=== Records for this task ===

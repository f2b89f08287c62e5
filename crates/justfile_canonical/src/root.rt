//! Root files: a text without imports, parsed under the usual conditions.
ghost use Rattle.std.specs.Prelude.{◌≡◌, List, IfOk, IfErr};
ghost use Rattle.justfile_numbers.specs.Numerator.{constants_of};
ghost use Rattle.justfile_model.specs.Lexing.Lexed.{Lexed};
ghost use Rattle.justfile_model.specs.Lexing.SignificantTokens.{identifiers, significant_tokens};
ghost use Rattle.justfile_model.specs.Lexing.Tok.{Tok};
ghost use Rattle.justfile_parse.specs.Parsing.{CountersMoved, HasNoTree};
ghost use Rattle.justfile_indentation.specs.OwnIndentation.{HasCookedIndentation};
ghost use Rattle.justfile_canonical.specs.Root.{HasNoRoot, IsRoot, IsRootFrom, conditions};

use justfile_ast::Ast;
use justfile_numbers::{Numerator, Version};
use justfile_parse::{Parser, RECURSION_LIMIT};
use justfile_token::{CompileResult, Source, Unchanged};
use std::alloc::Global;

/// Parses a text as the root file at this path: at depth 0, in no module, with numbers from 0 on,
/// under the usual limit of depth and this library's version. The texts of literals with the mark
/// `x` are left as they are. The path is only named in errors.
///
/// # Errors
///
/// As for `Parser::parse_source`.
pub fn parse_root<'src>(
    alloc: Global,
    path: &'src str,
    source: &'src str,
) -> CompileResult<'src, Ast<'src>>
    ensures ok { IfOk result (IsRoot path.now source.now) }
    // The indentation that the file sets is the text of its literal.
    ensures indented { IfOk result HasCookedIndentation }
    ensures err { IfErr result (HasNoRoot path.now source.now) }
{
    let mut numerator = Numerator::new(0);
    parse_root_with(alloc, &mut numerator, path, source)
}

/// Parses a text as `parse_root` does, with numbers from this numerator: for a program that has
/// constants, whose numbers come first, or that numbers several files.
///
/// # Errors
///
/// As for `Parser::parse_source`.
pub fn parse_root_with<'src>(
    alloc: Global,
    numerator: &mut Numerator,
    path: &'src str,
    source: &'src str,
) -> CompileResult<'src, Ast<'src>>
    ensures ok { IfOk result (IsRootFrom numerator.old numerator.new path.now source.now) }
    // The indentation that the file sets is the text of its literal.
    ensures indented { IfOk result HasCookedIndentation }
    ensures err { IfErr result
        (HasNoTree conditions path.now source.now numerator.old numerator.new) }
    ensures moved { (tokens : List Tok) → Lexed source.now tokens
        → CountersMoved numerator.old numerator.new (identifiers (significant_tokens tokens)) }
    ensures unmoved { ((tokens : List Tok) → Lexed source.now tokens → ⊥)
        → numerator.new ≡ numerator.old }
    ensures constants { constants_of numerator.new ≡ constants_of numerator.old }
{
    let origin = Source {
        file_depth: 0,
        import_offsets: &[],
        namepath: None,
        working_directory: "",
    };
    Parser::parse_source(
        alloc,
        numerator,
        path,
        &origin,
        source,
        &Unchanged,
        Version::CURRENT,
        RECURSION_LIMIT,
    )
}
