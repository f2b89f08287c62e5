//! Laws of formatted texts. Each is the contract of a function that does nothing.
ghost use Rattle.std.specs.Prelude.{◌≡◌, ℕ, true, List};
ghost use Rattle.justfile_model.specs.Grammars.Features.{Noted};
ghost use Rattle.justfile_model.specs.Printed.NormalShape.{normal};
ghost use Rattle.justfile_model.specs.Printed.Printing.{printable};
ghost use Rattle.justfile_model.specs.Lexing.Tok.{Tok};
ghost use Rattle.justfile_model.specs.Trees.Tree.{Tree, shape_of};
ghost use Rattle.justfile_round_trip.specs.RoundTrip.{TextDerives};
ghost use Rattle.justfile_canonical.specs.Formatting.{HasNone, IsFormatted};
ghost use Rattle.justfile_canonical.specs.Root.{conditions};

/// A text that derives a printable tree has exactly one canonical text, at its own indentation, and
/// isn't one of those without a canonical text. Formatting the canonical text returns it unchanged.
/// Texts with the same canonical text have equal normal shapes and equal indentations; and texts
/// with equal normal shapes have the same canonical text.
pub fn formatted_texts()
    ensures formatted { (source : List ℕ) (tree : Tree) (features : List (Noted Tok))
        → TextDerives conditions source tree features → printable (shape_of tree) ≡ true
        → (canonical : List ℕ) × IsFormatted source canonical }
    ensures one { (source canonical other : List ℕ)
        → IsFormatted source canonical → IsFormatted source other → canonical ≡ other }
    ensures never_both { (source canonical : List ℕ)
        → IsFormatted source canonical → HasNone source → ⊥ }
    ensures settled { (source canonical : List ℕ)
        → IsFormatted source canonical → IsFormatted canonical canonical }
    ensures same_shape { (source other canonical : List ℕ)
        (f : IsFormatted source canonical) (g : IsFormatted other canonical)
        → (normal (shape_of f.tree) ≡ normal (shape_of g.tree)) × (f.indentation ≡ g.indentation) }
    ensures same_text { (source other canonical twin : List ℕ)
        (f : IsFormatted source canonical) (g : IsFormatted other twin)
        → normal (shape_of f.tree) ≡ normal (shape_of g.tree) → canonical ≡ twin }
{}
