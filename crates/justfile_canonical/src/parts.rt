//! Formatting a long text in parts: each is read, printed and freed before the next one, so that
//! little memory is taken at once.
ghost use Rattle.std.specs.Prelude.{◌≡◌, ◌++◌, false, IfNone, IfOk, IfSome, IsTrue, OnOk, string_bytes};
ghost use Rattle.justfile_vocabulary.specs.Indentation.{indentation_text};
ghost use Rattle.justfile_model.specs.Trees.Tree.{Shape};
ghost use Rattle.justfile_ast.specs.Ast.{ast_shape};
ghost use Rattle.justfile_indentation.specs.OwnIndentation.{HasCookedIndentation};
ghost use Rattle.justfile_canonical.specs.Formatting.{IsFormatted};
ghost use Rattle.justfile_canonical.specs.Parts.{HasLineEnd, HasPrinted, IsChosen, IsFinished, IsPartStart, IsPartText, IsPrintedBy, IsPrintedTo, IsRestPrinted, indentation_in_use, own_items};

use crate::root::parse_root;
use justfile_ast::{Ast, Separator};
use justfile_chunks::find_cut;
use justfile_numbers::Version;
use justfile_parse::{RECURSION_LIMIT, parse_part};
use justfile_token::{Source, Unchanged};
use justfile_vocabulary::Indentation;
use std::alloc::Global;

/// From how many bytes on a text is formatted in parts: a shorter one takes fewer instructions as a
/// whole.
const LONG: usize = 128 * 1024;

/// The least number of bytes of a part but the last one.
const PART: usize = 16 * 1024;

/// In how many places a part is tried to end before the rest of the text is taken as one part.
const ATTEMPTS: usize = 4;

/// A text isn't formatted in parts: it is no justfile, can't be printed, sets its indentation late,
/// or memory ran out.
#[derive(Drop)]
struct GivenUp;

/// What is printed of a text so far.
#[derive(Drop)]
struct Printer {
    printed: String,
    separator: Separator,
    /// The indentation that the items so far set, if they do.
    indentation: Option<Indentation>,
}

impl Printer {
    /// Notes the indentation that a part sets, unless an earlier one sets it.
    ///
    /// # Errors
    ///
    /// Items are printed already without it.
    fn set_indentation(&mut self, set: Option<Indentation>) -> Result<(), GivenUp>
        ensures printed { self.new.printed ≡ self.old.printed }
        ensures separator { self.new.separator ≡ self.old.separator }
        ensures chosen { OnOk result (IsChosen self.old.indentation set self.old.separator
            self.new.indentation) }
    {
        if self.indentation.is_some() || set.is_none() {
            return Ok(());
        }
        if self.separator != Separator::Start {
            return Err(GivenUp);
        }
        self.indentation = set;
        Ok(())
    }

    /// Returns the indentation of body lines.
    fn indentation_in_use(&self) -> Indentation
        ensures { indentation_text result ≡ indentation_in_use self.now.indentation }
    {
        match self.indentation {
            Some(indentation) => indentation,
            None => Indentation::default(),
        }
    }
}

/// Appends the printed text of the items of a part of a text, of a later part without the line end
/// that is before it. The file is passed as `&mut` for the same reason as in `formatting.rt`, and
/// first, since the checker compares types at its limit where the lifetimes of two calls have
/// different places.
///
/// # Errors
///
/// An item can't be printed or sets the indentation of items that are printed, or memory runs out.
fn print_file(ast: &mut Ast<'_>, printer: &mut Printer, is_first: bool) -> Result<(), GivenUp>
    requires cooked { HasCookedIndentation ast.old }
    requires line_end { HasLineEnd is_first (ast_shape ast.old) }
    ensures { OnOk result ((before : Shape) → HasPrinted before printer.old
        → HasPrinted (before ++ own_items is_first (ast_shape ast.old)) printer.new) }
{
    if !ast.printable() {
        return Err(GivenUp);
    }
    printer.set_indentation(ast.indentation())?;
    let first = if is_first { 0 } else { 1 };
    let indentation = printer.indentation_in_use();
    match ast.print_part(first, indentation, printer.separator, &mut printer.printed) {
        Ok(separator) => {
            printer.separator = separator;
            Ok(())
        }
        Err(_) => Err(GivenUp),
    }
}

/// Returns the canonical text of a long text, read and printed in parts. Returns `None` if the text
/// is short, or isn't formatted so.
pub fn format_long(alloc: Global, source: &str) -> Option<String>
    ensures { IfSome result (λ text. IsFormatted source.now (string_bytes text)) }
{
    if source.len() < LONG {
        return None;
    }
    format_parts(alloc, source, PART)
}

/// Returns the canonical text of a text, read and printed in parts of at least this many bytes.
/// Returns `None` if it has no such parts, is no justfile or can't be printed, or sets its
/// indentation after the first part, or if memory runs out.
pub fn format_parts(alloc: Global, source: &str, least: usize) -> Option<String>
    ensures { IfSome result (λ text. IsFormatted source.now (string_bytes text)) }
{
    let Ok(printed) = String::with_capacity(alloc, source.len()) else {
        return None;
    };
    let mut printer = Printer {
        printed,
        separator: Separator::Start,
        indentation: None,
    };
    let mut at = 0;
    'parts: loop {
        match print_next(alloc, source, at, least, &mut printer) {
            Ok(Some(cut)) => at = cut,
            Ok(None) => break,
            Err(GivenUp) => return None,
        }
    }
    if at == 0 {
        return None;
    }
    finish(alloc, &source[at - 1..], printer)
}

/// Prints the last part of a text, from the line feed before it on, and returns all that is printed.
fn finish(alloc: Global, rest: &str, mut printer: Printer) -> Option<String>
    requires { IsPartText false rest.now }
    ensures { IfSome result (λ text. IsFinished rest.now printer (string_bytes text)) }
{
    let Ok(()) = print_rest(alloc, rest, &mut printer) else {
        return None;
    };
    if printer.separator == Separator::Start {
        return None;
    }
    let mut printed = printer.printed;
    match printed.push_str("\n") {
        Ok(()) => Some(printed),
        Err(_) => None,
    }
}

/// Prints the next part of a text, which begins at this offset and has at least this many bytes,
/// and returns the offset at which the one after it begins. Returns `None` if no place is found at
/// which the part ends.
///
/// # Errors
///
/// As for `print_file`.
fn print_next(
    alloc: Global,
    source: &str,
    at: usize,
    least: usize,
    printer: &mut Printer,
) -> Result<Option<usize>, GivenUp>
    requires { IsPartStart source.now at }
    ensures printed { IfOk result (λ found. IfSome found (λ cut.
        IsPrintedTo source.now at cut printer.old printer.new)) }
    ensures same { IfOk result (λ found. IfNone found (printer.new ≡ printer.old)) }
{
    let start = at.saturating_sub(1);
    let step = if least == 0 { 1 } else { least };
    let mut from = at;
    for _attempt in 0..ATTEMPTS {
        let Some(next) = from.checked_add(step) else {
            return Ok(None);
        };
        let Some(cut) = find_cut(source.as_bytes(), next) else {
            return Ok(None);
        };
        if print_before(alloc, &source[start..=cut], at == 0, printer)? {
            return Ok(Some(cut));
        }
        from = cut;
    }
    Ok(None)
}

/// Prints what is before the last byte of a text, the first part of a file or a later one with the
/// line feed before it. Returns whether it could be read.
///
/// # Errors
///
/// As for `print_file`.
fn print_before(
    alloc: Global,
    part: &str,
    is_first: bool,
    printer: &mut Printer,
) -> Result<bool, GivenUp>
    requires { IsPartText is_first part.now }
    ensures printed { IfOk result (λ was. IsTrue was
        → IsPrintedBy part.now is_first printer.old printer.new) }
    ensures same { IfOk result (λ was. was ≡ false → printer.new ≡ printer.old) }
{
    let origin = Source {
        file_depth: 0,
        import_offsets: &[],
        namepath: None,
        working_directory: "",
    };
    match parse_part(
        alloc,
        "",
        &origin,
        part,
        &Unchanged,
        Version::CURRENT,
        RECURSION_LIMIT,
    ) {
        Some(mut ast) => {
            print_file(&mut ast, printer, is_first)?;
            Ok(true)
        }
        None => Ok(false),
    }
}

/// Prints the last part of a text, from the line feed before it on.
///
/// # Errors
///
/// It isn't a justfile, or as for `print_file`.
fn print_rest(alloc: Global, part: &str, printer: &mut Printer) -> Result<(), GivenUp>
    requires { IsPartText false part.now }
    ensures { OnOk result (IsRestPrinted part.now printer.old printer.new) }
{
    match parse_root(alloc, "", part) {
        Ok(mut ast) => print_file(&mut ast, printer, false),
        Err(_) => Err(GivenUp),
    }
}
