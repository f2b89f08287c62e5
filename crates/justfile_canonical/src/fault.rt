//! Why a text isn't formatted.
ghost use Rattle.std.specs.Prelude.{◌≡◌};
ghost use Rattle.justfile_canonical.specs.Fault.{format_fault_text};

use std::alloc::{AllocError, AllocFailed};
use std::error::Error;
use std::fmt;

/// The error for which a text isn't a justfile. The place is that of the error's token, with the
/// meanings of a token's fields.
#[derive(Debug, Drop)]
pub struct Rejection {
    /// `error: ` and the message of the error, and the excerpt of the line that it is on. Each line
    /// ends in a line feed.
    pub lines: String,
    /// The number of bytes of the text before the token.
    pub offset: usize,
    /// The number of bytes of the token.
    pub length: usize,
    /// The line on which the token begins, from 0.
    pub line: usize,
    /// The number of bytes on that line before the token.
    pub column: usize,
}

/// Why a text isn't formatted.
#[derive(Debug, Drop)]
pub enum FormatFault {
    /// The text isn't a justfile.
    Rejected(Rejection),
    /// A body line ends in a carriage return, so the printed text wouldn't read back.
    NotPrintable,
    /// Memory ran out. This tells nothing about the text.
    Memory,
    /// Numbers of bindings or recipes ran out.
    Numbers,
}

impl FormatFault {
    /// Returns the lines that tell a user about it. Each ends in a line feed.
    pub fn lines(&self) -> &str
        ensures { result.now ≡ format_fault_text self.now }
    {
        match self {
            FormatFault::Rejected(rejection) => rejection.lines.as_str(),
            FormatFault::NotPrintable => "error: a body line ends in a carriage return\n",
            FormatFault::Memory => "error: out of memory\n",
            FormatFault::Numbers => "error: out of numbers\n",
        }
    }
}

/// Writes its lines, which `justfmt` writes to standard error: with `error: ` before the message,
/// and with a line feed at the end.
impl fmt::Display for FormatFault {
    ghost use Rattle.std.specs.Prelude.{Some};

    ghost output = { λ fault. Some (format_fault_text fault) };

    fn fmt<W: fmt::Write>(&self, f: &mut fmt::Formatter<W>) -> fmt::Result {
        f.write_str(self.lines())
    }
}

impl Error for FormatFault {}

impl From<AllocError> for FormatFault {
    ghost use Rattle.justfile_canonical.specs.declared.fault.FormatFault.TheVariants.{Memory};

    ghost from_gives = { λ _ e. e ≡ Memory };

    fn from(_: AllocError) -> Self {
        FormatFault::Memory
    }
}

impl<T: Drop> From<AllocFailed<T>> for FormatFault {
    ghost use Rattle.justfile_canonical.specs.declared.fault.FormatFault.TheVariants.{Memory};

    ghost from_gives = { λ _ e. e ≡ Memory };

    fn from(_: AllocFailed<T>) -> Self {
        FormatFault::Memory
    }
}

=== Exercise objective ===
Copy every line from the records that holds the string "IfErr".

=== Reply to the exercise ===
ghost use Rattle.std.specs.Prelude.{◌≡◌, List, IfOk, IfErr};
    ensures err { IfErr result (HasNoRoot path.now source.now) }
    ensures err { IfErr result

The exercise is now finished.